Hasta ahora me arregle con encapsular una lamparita bipin y atravesar el sistema con una barra de cobre, pero para esto necesito la fuente de 12v, y yo quiero poder conectar mi soldador  a 220 directo, y encapsular la resistencia misma.
Aspiro a obtener 50 watts de potencia aproximadamente.


----------



## el-rey-julien (Jun 18, 2014)

yo le llene de alambre ,no conte las vueltas , (unos 15 centímetros o quizás 20 centímetros use)
ise esto,
desarme la resistencia y tiene dos tubos de cerámica, el de afuera lo rompi todo,
al mas fino de adentro lo limpie y le fui rellenando .
segun varias pruebas lo mejor es dejarle la mitad del tubito sin alambre (porque sino calienta mucho el mango del soldador y no tanto la punta),
tambien hay que poner doble alambre solo en los chicotes de conexión,porque si no le pones doble alambre en los chicotes este se pone rojo y quema el cable de conexion(de esa manera se puede usar el mismo cable original del soldador)
el alambre que use es de 0.60 es el mas comun.
 le puse mica y lo meti en la punta,
después fuy probando con 12 vol con 20 volt, y llegue a la conclusión que lo mejor es hacerle un control pwm ,asi uno regula bien la temperatura y ademas no se quema el alambre


----------



## yosimiro (Jun 18, 2014)

Ah pero ese caloventor no es como los que tengo yo.
Los que destripé son de este tipo


----------



## el-rey-julien (Jun 18, 2014)

si ese mismo es el alambre que use,
alli van unas fotos
soldador chino desmontado + resistencia casera de 12 volt, si ademas se puede usar con una bateria por si no hay luz


detalle del alambre doble solo en las conexiones,asi no calienta,es decir no se quema el cable de conexion,use el mismo espagueti de la resistencia original,




detalle del tubito ya bobinado con el alambre y fijado con yeso(ando probando otros pegamentos)


----------



## yosimiro (Jun 18, 2014)

Muy bueno, creo que hay una cerámica para esto, se llama caolin,es blanca y soporta altas temeraturas.
O más barato, barro refractario que se consigue en negocios de materiales de construcción.


----------



## el-rey-julien (Jun 18, 2014)

si eso mismo le iba a preguntar a una chica que hace vasos con dedicatorias,ella deve saver cual es el material.
de momento use lo que tenia a mano
PD
mira la arena que deje unas fotos


----------



## yosimiro (Jun 18, 2014)

Viendo la foto, creo contar 44 vueltas, a eso lo debiera multiplicar por el resultado que se obtenga del diámetro por 3,14, y tendría el largo exacto.
Entonces, ¿Qué diámetro tiene el tubo donde se enrolla el alambre?
Saludos


----------



## aquileslor (Jun 18, 2014)

Ojo que el alambre que usó el rey es desnudo, si se pone a espiras juntas: tremendo cortocircuito.
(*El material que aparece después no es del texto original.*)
impl Unrolled {
    /// Nothing so far.
    pub fn new(alloc: Global) -> Unrolled
        ensures gates { result.gates ≡ [] }
        ensures calls { result.calls ≡ 0 }
        ensures known { result.known.items ≡ [] }
        ensures frames { result.frames.items ≡ [] }
        ensures angles { result.angles.items ≡ [] }
        ensures qubits { result.qubits.items ≡ [] }
    {
        Unrolled {
            alloc,
            gates: Elements::new(alloc),
            calls: 0,
            frames: Vec::new(alloc),
            angles: Vec::new(alloc),
            qubits: Vec::new(alloc),
            known: Vec::new(alloc),
        }
    }

    /// The gates, where no call follows.
    pub fn into_gates(self) -> Elements
        ensures { result ≡ self.gates }
    {
        self.gates
    }

    /// Learns what calls of this gate without angles come to, where that isn't known yet.
    pub fn learn(&mut self, gates: &[GateBody], called: CalledGate) -> Result<(), AllocError>
        ensures known { OnOk result ((numbered : Numbered) → Unrolls gates.now numbered
            → AreKnown numbered (length gates.now) self.old.known.items
            → AreKnown numbered (length gates.now) self.new.known.items) }
        ensures others { OnOk result (self.new ≡ record self.old { known = self.new.known }) }
    {
        for _number in self.known.len()..needed(gates, called) {
            self.known.push(Known::Untried)?;
        }
        let CalledGate::Gate(number) = called else {
            return Ok(());
        };
        if number < self.known.len() && self.known[number].is_untried() {
            self.known[number] = Known::new(expansion(self.alloc, gates, number)?);
        }
        Ok(())
    }

    /// The instance of an application at an index: a call with these angles on its qubits, and all that it comes to.
    pub fn instance(
        &mut self,
        gates: &[GateBody],
        called: CalledGate,
        angles: &[Expr],
        spans: &[Span],
        index: usize,
    ) -> Result<(), StatementError>
        ensures ok { OnOk result ((numbered : Numbered) (count : ℕ) → Unrolls gates.now numbered
            → AreKnown numbered count self.old.known.items → ComesTo self.old
            (instance_events called angles.now spans.now index numbered) self.new []) }
        ensures err { (cause : Cause) → result ≡ Err (StatementError.Wrong cause)
            → StopsAt gates.now self.old (instance_events called angles.now spans.now index) cause }
        ensures known { self.new.known ≡ self.old.known }
    {
        if self.copy_instance(called, angles, spans, index)? {
            return Ok(());
        }
        self.unroll_instance(gates, called, angles, spans, index)
    }

    /// A call of a gate without angles on single qubits by a copy, where what it comes to is known and makes not too
    /// many calls; tells whether it is.
    pub fn copy(&mut self, called: CalledGate, spans: &[Span]) -> Result<bool, AllocError>
        ensures copied { IfOk result (λ copied. copied ≡ true → (numbered : Numbered) (gates : List GateBody)
            (count : ℕ) → Unrolls gates numbered → AreKnown numbered count self.old.known.items →
            ComesTo self.old (instance_events called [] spans.now 0 numbered) self.new []) }
        ensures left { IfOk result (λ copied. copied ≡ false → self.new ≡ self.old) }
        ensures known { self.new.known ≡ self.old.known }
    {
        match called {
            CalledGate::Cx => self.copy_cx(spans),
            _ => self.copy_instance(called, &[], spans, 0),
        }
    }

    // A call of `CX`, where there are not too many calls; tells whether it is made.
    fn copy_cx(&mut self, spans: &[Span]) -> Result<bool, AllocError>
        ensures copied { IfOk result (λ copied. copied ≡ true → (numbered : Numbered) (gates : List GateBody)
            (count : ℕ) → Unrolls gates numbered → AreKnown numbered count self.old.known.items →
            ComesTo self.old (instance_events CalledGate.Cx [] spans.now 0 numbered) self.new []) }
        ensures left { IfOk result (λ copied. copied ≡ false → self.new ≡ self.old) }
        ensures known { self.new.known ≡ self.old.known }
    {
        if MOST_CALLS <= self.calls {
            return Ok(false);
        }
        self.qubits.clear();
        push_instance(spans, 0, &mut self.qubits)?;
        if let Some(gate) = cx_gate(&self.qubits) {
            self.gates.push(gate)?;
        }
        self.calls += 1;
        Ok(true)
    }

    // The same by a copy of what is known, where that is kept and makes not too many calls; tells whether it is.
    fn copy_instance(
        &mut self,
        called: CalledGate,
        angles: &[Expr],
        spans: &[Span],
        index: usize,
    ) -> Result<bool, AllocError>
        ensures copied { IfOk result (λ copied. copied ≡ true → (numbered : Numbered) (gates : List GateBody)
            (count : ℕ) → Unrolls gates numbered → AreKnown numbered count self.old.known.items →
            ComesTo self.old (instance_events called angles.now spans.now index numbered) self.new []) }
        ensures left { IfOk result (λ copied. copied ≡ false → self.new ≡ self.old) }
        ensures known { self.new.known ≡ self.old.known }
    {
        if !angles.is_empty() || spans.len() > WIDEST {
            return Ok(false);
        }
        let Some(kept) = known_expansion(&self.known, called) else {
            return Ok(false);
        };
        let calls = self.calls.saturating_add(kept.calls);
        if calls > MOST_CALLS {
            return Ok(false);
        }
        self.qubits.clear();
        self.qubits.push(0)?;
        push_instance(spans, index, &mut self.qubits)?;
        push_placed(kept.gates.as_slice(), &self.qubits, &mut self.gates)?;
        self.calls = calls;
        Ok(true)
    }

    // The same by unrolling. What an earlier application left on the stacks is taken off first.
    fn unroll_instance(
        &mut self,
        gates: &[GateBody],
        called: CalledGate,
        angles: &[Expr],
        spans: &[Span],
        index: usize,
    ) -> Result<(), StatementError>
        ensures ok { OnOk result (Leads gates.now
            self.old (instance_events called angles.now spans.now index) self.new no_events) }
        ensures err { (cause : Cause) → result ≡ Err (StatementError.Wrong cause)
            → StopsAt gates.now self.old (instance_events called angles.now spans.now index) cause }
        ensures known { self.new.known ≡ self.old.known }
    {
        self.count(1)?;
        self.frames.clear();
        self.angles.clear();
        self.qubits.clear();
        push_values(self.alloc, angles, 0, &mut self.angles)?;
        push_instance(spans, index, &mut self.qubits)?;
        self.unroll(gates, called)
    }

    // All that a gate comes to with the angles and qubits on the stacks.
    fn unroll(&mut self, gates: &[GateBody], called: CalledGate) -> Result<(), StatementError>
        requires { self.old.frames.items ≡ [] }
        ensures ok { OnOk result (Leads gates.now
            self.old (first_events called self.old) self.new no_events) }
        ensures err { (cause : Cause) → result ≡ Err (StatementError.Wrong cause)
            → StopsAt gates.now self.old (first_events called self.old) cause }
        ensures known { self.new.known ≡ self.old.known }
    {
        let base = Heights {
            angles: 0,
            qubits: 0,
        };
        self.enter(gates, called, base)?;
        while let Some(frame) = self.frames.pop() {
            self.step(gates, frame)?;
        }
        Ok(())
    }

    // Counts a call at a depth.
    fn count(&mut self, depth: usize) -> Result<(), StatementError>
        ensures ok { OnOk result ((events : List Event)
            → first_wrong most_calls self.old.calls (Called depth ∷ events)
            ≡ first_wrong most_calls self.new.calls events) }
        ensures calls { OnOk result (self.new.calls ≡ self.old.calls + 1) }
        ensures most { OnOk result (self.new.calls ≤ most_calls) }
        ensures others { self.new ≡ record self.old { calls = self.new.calls } }
        ensures err { (cause : Cause) (events : List Event)
            → result ≡ Err (StatementError.Wrong cause)
            → first_wrong most_calls self.old.calls (Called depth ∷ events) ≡ Some cause }
    {
        if self.calls >= MOST_CALLS {
            return Err(StatementError::Wrong(Cause::TooManyGates));
        }
        self.calls += 1;
        if depth > DEEPEST {
            return Err(StatementError::Wrong(Cause::TooDeep));
        }
        Ok(())
    }

    // The next call in the body of the gate that was on top, or nothing where its body is over.
    fn step(&mut self, gates: &[GateBody], frame: Frame) -> Result<(), StatementError>
        requires { IsStacked (frame ∷ frames_of self.old) self.old }
        ensures ok { OnOk result (Leads gates.now
            self.old (left_events gates.now (frame ∷ frames_of self.old) self.old)
            self.new (left_events gates.now (frames_of self.new) self.new)) }
        ensures err { (cause : Cause) → result ≡ Err (StatementError.Wrong cause)
            → StopsAt gates.now
            self.old (left_events gates.now (frame ∷ frames_of self.old) self.old) cause }
        ensures stacked { OnOk result (IsStacked (frames_of self.new) self.new) }
        ensures ends { OnOk result (2 * (most_calls - self.new.calls) + length self.new.frames.items
            < 2 * (most_calls - self.old.calls) + (1 + length self.old.frames.items)) }
        ensures known { self.new.known ≡ self.old.known }
    {
        let Some(call) = calls_of(gates, frame.gate).get(frame.next) else {
            self.take_off(frame.base);
            return Ok(());
        };
        let depth = self.depth() + 2;
        self.count(depth)?;
        let base = self.heights();
        push_values(
            self.alloc,
            &call.angles,
            frame.base.angles,
            &mut self.angles,
        )?;
        push_picked(&call.qubits, frame.base.qubits, &mut self.qubits)?;
        self.frames.push(Frame {
            next: frame.next + 1,
            ..frame
        })?;
        self.enter(gates, call.called, base)
    }

    // A built-in gate acts with the angles and qubits above the base, and a declared one comes on top of the stack.
    fn enter(
        &mut self,
        gates: &[GateBody],
        called: CalledGate,
        base: Heights,
    ) -> Result<(), StatementError>
        requires { IsBase base self.old }
        ensures ok { OnOk result (Leads gates.now
            self.old (entered_events gates.now called base self.old)
            self.new (left_events gates.now (frames_of self.new) self.new)) }
        ensures err { (cause : Cause) → result ≡ Err (StatementError.Wrong cause)
            → StopsAt gates.now self.old (entered_events gates.now called base self.old) cause }
        ensures stacked { OnOk result (IsStacked (frames_of self.new) self.new) }
        ensures calls { OnOk result (self.new.calls ≡ self.old.calls) }
        ensures frames { OnOk result
            (length self.new.frames.items ≤ length self.old.frames.items + 1) }
        ensures known { self.new.known ≡ self.old.known }
    {
        match called {
            CalledGate::U => match self.top_u(base) {
                Ok(gate) => self.act(gate, base),
                Err(cause) => Err(StatementError::Wrong(cause)),
            },
            CalledGate::Cx => {
                let gate = self.top_cx(base);
                self.act(gate, base)
            }
            CalledGate::Gate(number) => {
                self.frames.push(Frame {
                    gate: number,
                    next: 0,
                    base,
                })?;
                Ok(())
            }
        }
    }

    // A built-in gate acts, if there is one, and its angles and qubits are taken off the stacks.
    fn act(&mut self, gate: Option<ElementaryGate>, base: Heights) -> Result<(), StatementError>
        ensures gates { OnOk result (self.new.gates
            ≡ self.old.gates ++ applied (gate_events gate)) }
        ensures angles { OnOk result
            (self.new.angles.items ≡ take base.angles self.old.angles.items) }
        ensures qubits { OnOk result
            (self.new.qubits.items ≡ take base.qubits self.old.qubits.items) }
        ensures frames { self.new.frames ≡ self.old.frames }
        ensures calls { self.new.calls ≡ self.old.calls }
        ensures err { IfErr result (λ stopped. stopped ≡ StatementError.NoMemory) }
        ensures known { self.new.known ≡ self.old.known }
    {
        if let Some(gate) = gate {
            self.gates.push(gate)?;
        }
        self.take_off(base);
        Ok(())
    }

    // `U` with the angles and the qubits above the base.
    fn top_u(&self, base: Heights) -> Result<Option<ElementaryGate>, Cause>
        requires { IsBase base self.now }
        ensures ok { IfOk result (λ gate. u_events (drop base.angles self.now.angles.items)
            (drop base.qubits self.now.qubits.items) ≡ gate_events gate) }
        ensures err { IfErr result (λ cause. u_events (drop base.angles self.now.angles.items)
            (drop base.qubits self.now.qubits.items) ≡ Undefined cause ∷ []) }
    {
        u_gate(&self.angles[base.angles..], &self.qubits[base.qubits..])
    }

    // `CX` on the qubits above the base.
    fn top_cx(&self, base: Heights) -> Option<ElementaryGate>
        requires { IsBase base self.now }
        ensures { cx_events (drop base.qubits self.now.qubits.items) ≡ gate_events result }
    {
        cx_gate(&self.qubits[base.qubits..])
    }

    // How many gates are on the stack.
    fn depth(&self) -> usize
        ensures { result ≡ length self.now.frames.items }
    {
        self.frames.len()
    }

    // How many angles and qubits lie on the stacks.
    fn heights(&self) -> Heights
        ensures angles { result.angles ≡ length self.now.angles.items }
        ensures qubits { result.qubits ≡ length self.now.qubits.items }
    {
        Heights {
            angles: self.angles.len(),
            qubits: self.qubits.len(),
        }
    }

    // Takes the angles and qubits above the base off the stacks.
    fn take_off(&mut self, base: Heights)
        ensures angles { self.new.angles.items ≡ take base.angles self.old.angles.items }
        ensures qubits { self.new.qubits.items ≡ take base.qubits self.old.qubits.items }
        ensures others { self.new
            ≡ record self.old { angles = self.new.angles; qubits = self.new.qubits } }
    {
        self.angles.truncate(base.angles);
        self.qubits.truncate(base.qubits);
    }
}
El soporte debe estar ranurado para separar las espiras. Buen trabajo rey y en los negocios que venden reparaciones de gas, tienen un producto para sellar que aguanta altas temperaturas, es un polvo y un líquido (silicato de sodio) para hacer una masilla. También puedes probar con caolín y silicato de sodio.


----------



## el-rey-julien (Jun 18, 2014)

primero le di las vueltas bien juntas una espira al lado de la otra,luego las separe un poco,dejando una separación mínima entre espiras,
el largo total del alambre es de 83 centímetros , el largo del tubito de ceramica es de 7,5 centimetros y el diametro es de 3 milimetros,
el largo del alambre total puede variar, el chicote es alambre doble es de 12 centimetros y el otro de 7 centimetros,
asi que si le restamos esos 19 centimetros al total de los 83 centimetros da un total de mas o menos 60 centímetros de alambre que calienta (los chicotes no se calientas)
y por ultimo para 60 centímetros de alambre con 12 volt funciona bien y va a dar una buena temperatura,casi que demasiada diría yo


----------



## opamp (Jun 18, 2014)

0-rei , 60 cm de nicrome de 0.60 de diametro me da 2.4 ohm(teoria), lo quiero colocar a un trafo de 18Vac/3A( és lo mas bajo que tengo) , pero me jalaria 7.5A!!!.

Que ohmiaje le da ,(en frio), el que ha construido.


----------



## el-rey-julien (Jun 18, 2014)

a mi me da 7,8 Ω el que tengo usando y el de las fotos de da 6.5 Ω





opamp dijo:


> 0-rei , 60 cm de nicrome de 0.60 de diametro me da 2.4 ohm(teoria), lo quiero colocar a un trafo de 18Vac/3A( és lo mas bajo que tengo) , pero me jalaria 7.5A!!!.
> 
> Que ohmiaje le da ,(en frio), el que ha construido.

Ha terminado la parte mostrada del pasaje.